# Gentoo Performance Probleme

## denic

Bin nun seit mehr als einem Jahr zufriedener Gentoo User.

Allerdings quäle ich mich z.Z. ein wenig mit der Geschwindikeit 

meines Systems herum.

Angefangen hat das Szenario mit dem Kauf eines neuen Rechners.

Auf einem Gigabyte P4 Titan ( GA-8PE800 ) mit Intel 845PE Chipsatz

befindet sich neben einem DDR 333 512MB Riegel ein Intel 

Pentium 4 mit 2,4 GHz. Erfahrungsgemäß sollte diese Konstellation

rennen wie die Sau.

Das System habe ich nicht neu installiert, sondern nur meine vorherige 

Platte übernommen. Hatte vorher ein Tyan i845 Board mit P4 1,7Ghz. 

Damals nur PC133. Da beide Systeme eine P4 Optimierung verarbeiten

können, habe ich mir eine mühevolle Neuinstallation erspart. 

Hoffentlich kein Fehler !?

Allgemein habe ich das Gefühl, dass das System sehr träge reagiert.

Mozilla und Gnome 2.2 laufen zwar nicht langsam aber dennoch zögerlich.

Nutze einen XFS Kernel 2.4.20 r2. Trotz der UDMA Einstellungen

bekomme ich die IDE Platten nicht auf UDMA66 gestellt. 

D.h. die PLatten laufen nur im PIO Mode.

Die IO Leistung ist grotten schlecht.

Nach einem Test mit einem 2.5.66er Kernel, mit dem der UDMA

Modus möglich ist, führe ich dies auf den mangelhaften Support eines

Intel 845 PE Chipsatzes im aktuellen XFS Kernel 2.4.20 zurück.

Jemanden etwas genaueres bekannt ?

In beiden Systemen dient eine Nvidia GeForce 2 MX400.

Habe seit heute die 4349 Treiber.

Bei einem glxgears Test erhalte ich nur ca. 300 Frames.

Komisch, unter voller Systemlast erhöht sich die Framezahl

auf 1400.

----------

## denic

Hier noch ein paar Werte :

Das booten des Kernels dauert : 17 sek

Wechseln in den graphischen Modus (startx) : 22 sek.  (Gnome 2.2)

Mozilla Start : 8 sek

Nautilus Start : 4 sek

Ein wenig träge für ein 2,4 GHz System.

Wird vermutlich an der Chipsatz Sache liegen .

----------

## wudmx

also generell wuerd ich sagen mach gentoo neu drauf.. aber das willst du ja nicht also checken wir einfach mal den kernel... (ich geh davon aus du hast gentoo1.4_rc3)

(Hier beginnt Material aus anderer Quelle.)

// Signatures of games, their canonical forms, and patterns.
use crate::text::append_line;
use crate::trees::faultless_trees;
use case_files::{Case, CaseError};
use dyer_signature::{SigPattern, Signature, canonical, matches, signature};
use game_tree::GameTree;
use kb_geometry::append;
use std::alloc::Global;
use std::collections::HashMap;

/// Appends the signature of a game and its canonical form.
pub(crate) fn append_signatures(tree: &GameTree, out: &mut Vec<u8>) -> Result<(), CaseError> {
    let told = signature(tree);
    append(out, &told.bytes)?;
    append(out, b" ")?;
    append_line(out, &canonical(&told, tree.shape()).bytes)
}

/// The canonical form of the signature that is put in, on the board that is the word.
pub(crate) fn answer_canonical(
    alloc: Global,
    case: &Case<'_>,
    out: &mut Vec<u8>,
) -> Result<(), CaseError> {
    let tree = told_tree(alloc, case.words, case.text())?;
    append_line(out, &canonical(&signature(&tree), tree.shape()).bytes)
}

/// Whether the pattern that is put in matches the signature that is the second word, on the board
/// that is the first.
pub(crate) fn answer_matches(
    alloc: Global,
    case: &Case<'_>,
    out: &mut Vec<u8>,
) -> Result<(), CaseError> {
    let told = case.need_word(1)?;
    let tree = told_tree(alloc, case.need_word(0)?, told.as_bytes())?;
    let pattern = pattern_of(case.text())?;
    let answer = if matches(&signature(&tree), tree.shape(), &pattern) {
        b"yes".as_slice()
    } else {
        b"no".as_slice()
    };
    append_line(out, answer)
}

/// For each of the signatures that are put in, on the board that is the word, how many of those
/// before it have its canonical form.
pub(crate) fn answer_doubles(
    alloc: Global,
    case: &Case<'_>,
    out: &mut Vec<u8>,
) -> Result<(), CaseError> {
    let mut counts: HashMap<Signature, u32> = HashMap::new(alloc);
    let mut shown = format!(in alloc; "seen")?;
    for told in case.text().split(|byte| *byte == b' ') {
        let tree = told_tree(alloc, case.words, told)?;
        let form = canonical(&signature(&tree), tree.shape());
        let before = counts.get(&form).copied().unwrap_or(0);
        counts.insert(form, before.saturating_add(1))?;
        shown = format!(in alloc; "{shown} {before}")?;
    }
    append_line(out, shown.as_bytes())
}

// A game on a board whose signature is this one.
fn told_tree(alloc: Global, size: &str, told: &[u8]) -> Result<GameTree, CaseError> {
    let text = text_telling(alloc, size, told)?;
    let tree = faultless_trees(alloc, &text)?
        .pop()
        .ok_or(CaseError::Bad("no game"))?;
    if signature(&tree).bytes.as_slice() == told {
        Ok(tree)
    } else {
        Err(CaseError::Bad("the game has another signature"))
    }
}

// The text of a game on a board whose moves of a signature are told, and whose others are passes.
fn text_telling(alloc: Global, size: &str, told: &[u8]) -> Result<Vec<u8>, CaseError> {
    let mut text = Vec::new(alloc);
    append(&mut text, b"(;SZ[")?;
    append(&mut text, size.as_bytes())?;
    append(&mut text, b"]")?;
    for number in 1..72u32 {
        append(&mut text, b";W[")?;
        append(&mut text, letters_of(told, number))?;
        append(&mut text, b"]")?;
    }
    append(&mut text, b")")?;
    Ok(text)
}

// The letters of the move with a number, none where it is told as `??` or not told.
fn letters_of(told: &[u8], number: u32) -> &[u8] {
    let letters = match number {
        20 => told.get(0..2),
        40 => told.get(2..4),
        60 => told.get(4..6),
        31 => told.get(6..8),
        51 => told.get(8..10),
        71 => told.get(10..12),
        _ => None,
    };
    match letters {
        Some(b"??") => &[],
        Some(letters) => letters,
        None => &[],
    }
}

// The pattern of a text of 12 bytes.
fn pattern_of(text: &[u8]) -> Result<SigPattern, CaseError> {
    if text.len() != 12 {
        return Err(CaseError::Bad("a pattern has 12 bytes"));
    }
    let mut bytes = [b'*'; 12];
    bytes.copy_from_slice(text);
    Ok(SigPattern { bytes })
}
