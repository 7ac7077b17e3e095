// The table of the players of some games.
ghost use Rattle.std.specs.Prelude.{◌≤◌, length};

use crate::text::append_line;
use case_files::CaseError;
use game_tree::GameTree;
use info_filter::{PlayerRow, Players};
use kb_geometry::{NoMemory, append};
use std::alloc::Global;

// The most games whose table is made.
const MOST_GAMES: usize = 400_000;

/// Appends the rows of the table, a line each: games, wins, losses and name.
pub(crate) fn append_players(
    alloc: Global,
    trees: &[GameTree],
    out: &mut Vec<u8>,
) -> Result<(), CaseError> {
    if trees.len() > MOST_GAMES {
        return Err(CaseError::Bad("too many games"));
    }
    let players = table_of(alloc, trees)?;
    for row in players.rows() {
        append_row(out, row)?;
    }
    Ok(())
}

fn append_row(out: &mut Vec<u8>, row: PlayerRow<'_>) -> Result<(), CaseError> {
    let PlayerRow {
        name,
        games,
        wins,
        losses,
    } = row;
    let counts = format!(in *out.allocator(); "{games} {wins} {losses} ")?;
    append(out, counts.as_bytes())?;
    append_line(out, name)
}

// The table of these games.
fn table_of(alloc: Global, games: &[GameTree]) -> Result<Players, NoMemory>
    requires { length games.now ≤ 400000 }
{
    let mut players = Players::new(alloc);
    for game in games {
        players.add(alloc, game.info())?;
    }
    Ok(players)
}
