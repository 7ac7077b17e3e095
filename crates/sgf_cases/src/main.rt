//! Worked examples of SGF texts, game trees and their information, which stand in text files.
//!
//! Stands on case_files, which reads the files and compares, and on the crates whose answers are
//! shown: sgf_reader, game_tree, sgf_writer, made_games, info_filter and dyer_signature. The README
//! tells the kinds of case.
#![tactic(auto)]

mod conditions;
mod made;
mod parts;
mod players;
mod recogniser;
mod short_texts;
mod signatures;
mod syntax;
mod text;
mod tree_text;
mod trees;

use case_files::{Case, CaseError, Kinds, run_files};
use std::alloc::Global;
use std::io;

// The kinds of this program.
struct SgfKinds;

impl Kinds for SgfKinds {
    fn answer(&self, alloc: Global, case: &Case<'_>, out: &mut Vec<u8>) -> Result<(), CaseError> {
        match case.kind {
            "all" => short_texts::answer_all(alloc, case, out),
            "accepted" => conditions::answer_accepted(alloc, case, out),
            "day" => conditions::answer_day(case, out),
            "made" => made::answer_made(alloc, case, out),
            "canonical" => signatures::answer_canonical(alloc, case, out),
            "matches" => signatures::answer_matches(alloc, case, out),
            "doubles" => signatures::answer_doubles(alloc, case, out),
            "syntax" => syntax::answer_syntax(alloc, case, out),
            "beginnings" => syntax::answer_beginnings(alloc, case, out),
            "values" => syntax::answer_values(alloc, case, out),
            _ => trees::answer_trees(alloc, case, out),
        }
    }
}

fn main(rt: HostRuntime) -> io::Result<()> {
    run_files(&rt, &SgfKinds).map(|_| ())
}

hast du beim prozessortyp p4 >gcc31 ?

sieh auch mal https://forums.gentoo.org/viewtopic.php?t=23595&highlight=i845pe

----------

## denic

Habe damals von der 1.4 RC2 CD installiert. Habe jedoch brav meine

Updates emerged. Bin also up to date. Habe als Prozessortyp P4 für

gcc 3.x gewählt. Auch alle relevaten Punkte in Sachen  IDE und UDMA.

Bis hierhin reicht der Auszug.